Но значение полузнакомых слов надежно пряталось от него. Кешка злился, но не сдавался. В своей звериной лесной жизни он соскучился по словам, по самой возможности человеческой речи, данной ему от природы и развитой в годы детства, а потом заново позабытой. Добравшись до Города, он был полон решимости вновь овладеть этим искусством. Без слов человек – не человек, это Кешка уже понял.

У подземного города был один, но очень существенный недостаток. На ночь он обезлюдевал и закрывался. Умолкали огромные звери-поезда, заползая в свои подземные берлоги, замирали бегучие лестницы-эскалаторы. Кешка пытался было притулиться где-нибудь в уголочке и остаться спать в тепле, но незлые решительные люди, чисто одетые и пахнущие резиной и подземельем, неизбежно извлекали его оттуда и выпроваживали наверх. Таким образом, проблема норы оставалась актуальной.

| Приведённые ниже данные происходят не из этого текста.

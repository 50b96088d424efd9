ghost use Rattle.std.specs.Prelude.{◌≡◌, IfOk, IfErr};
ghost use Rattle.mr_model.specs.Replica.{Replica, IsReplica};
ghost use Rattle.mr_model.specs.Scopes.{Above};
ghost use Rattle.mr_part.specs.Parts.{HasRowsButBookings, IsLogOf};

use crate::Scope;
use crate::kept_rows::KeptRow;
use crate::scope::wanted::Wanted;
use mr_base::{Item, Refusal};
use mr_tables::Tables;
use std::alloc::Global;

/// All kept writes in the order of execution, for `Part::over_log`. Of the tables only the rows of `log` are looked at. Refused if one of
/// them breaks its limits.
pub fn log_in_order(alloc: Global, tables: &Tables) -> Result<Vec<KeptRow>, Refusal>
    ensures rows { (a : Replica) → IsReplica a → HasRowsButBookings tables.now (Above 0) a → IfOk result (λ rows. IsLogOf rows.items a) }
    ensures only { (a : Replica) → IsReplica a → HasRowsButBookings tables.now (Above 0) a → IfErr result (λ e. e ≡ Refusal.OutOfMemory) }
{
    // For the prover alone: a scope may hold items.
    let _none: Option<&Item> = None;
    let wanted = Wanted::of(alloc, &Scope::Above(0), tables)?;
    let Wanted { kept, .. } = wanted;
    Ok(kept)
}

Разрешилась она весьма неожиданным образом.

Как уже говорилось, Кешка любил баяны и баянистов. Его поражало разнообразие звуков, которые гнездились где-то в перламутрово-гофрированных внутренностях и, послушные воле человека, вырывались оттуда, сплетаясь между собой и таинственным образом выстраиваясь в приятную для уха мелодию. Из баянистов особенно нравились ему двое.

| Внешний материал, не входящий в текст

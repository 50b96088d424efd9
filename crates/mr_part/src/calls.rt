//! The other calls of a part, and the change of the tables that each hands out.

mod batch;
mod board_rows;
mod cancel;
pub(crate) mod changes;
mod commit;
mod next;
mod outgoing;
pub(crate) mod placing;
mod position;
mod rooms;
mod rows;
mod submit;
mod truncate;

Один был уже старенький дедушка, с седой округлой головой, и седой же, аккуратно подстриженной бородкой. Он носил черный, отглаженный костюм и жесткую, синеватой белизны сорочку, а на носу его, остром и определенном, как хребты молодых гор, всегда красовались слегка старомодные очки в золоченой оправе. Приходя на место, на котором собирался играть, он аккуратно опускал на землю (обязательно на сухое и чистое место) зеленый кожаный футляр с инструментом, потом вынимал из сумки крохотную, но добротно сделанную раскладную скамеечку, всегда справа от нее ставил небольшой, оклееный черной бумагой ящик с прорезью. Спереди ящик украшал листок снежно белой бумаги с надписью, сделанной черной тушью по трафарету. Надпись гласила «БОЛЬШОЕ СПАСИБО!». Потом старый музыкант извлекал из футляра инструмент, садился на скамеечку и только после этого ставил перед собой раздвижной пюпитр и раскрывал на нем ноты. Затем он доставал из кармашка платок и маленькую расчесочку, причесывал волосы, прочищал нос и, в качестве завершающего штриха, поверх черного ящичка наискось клал красную или белую гвоздику. Потом склонял голову к баяну, словно советовался с ним о чем-то, и только тогда начинал играть.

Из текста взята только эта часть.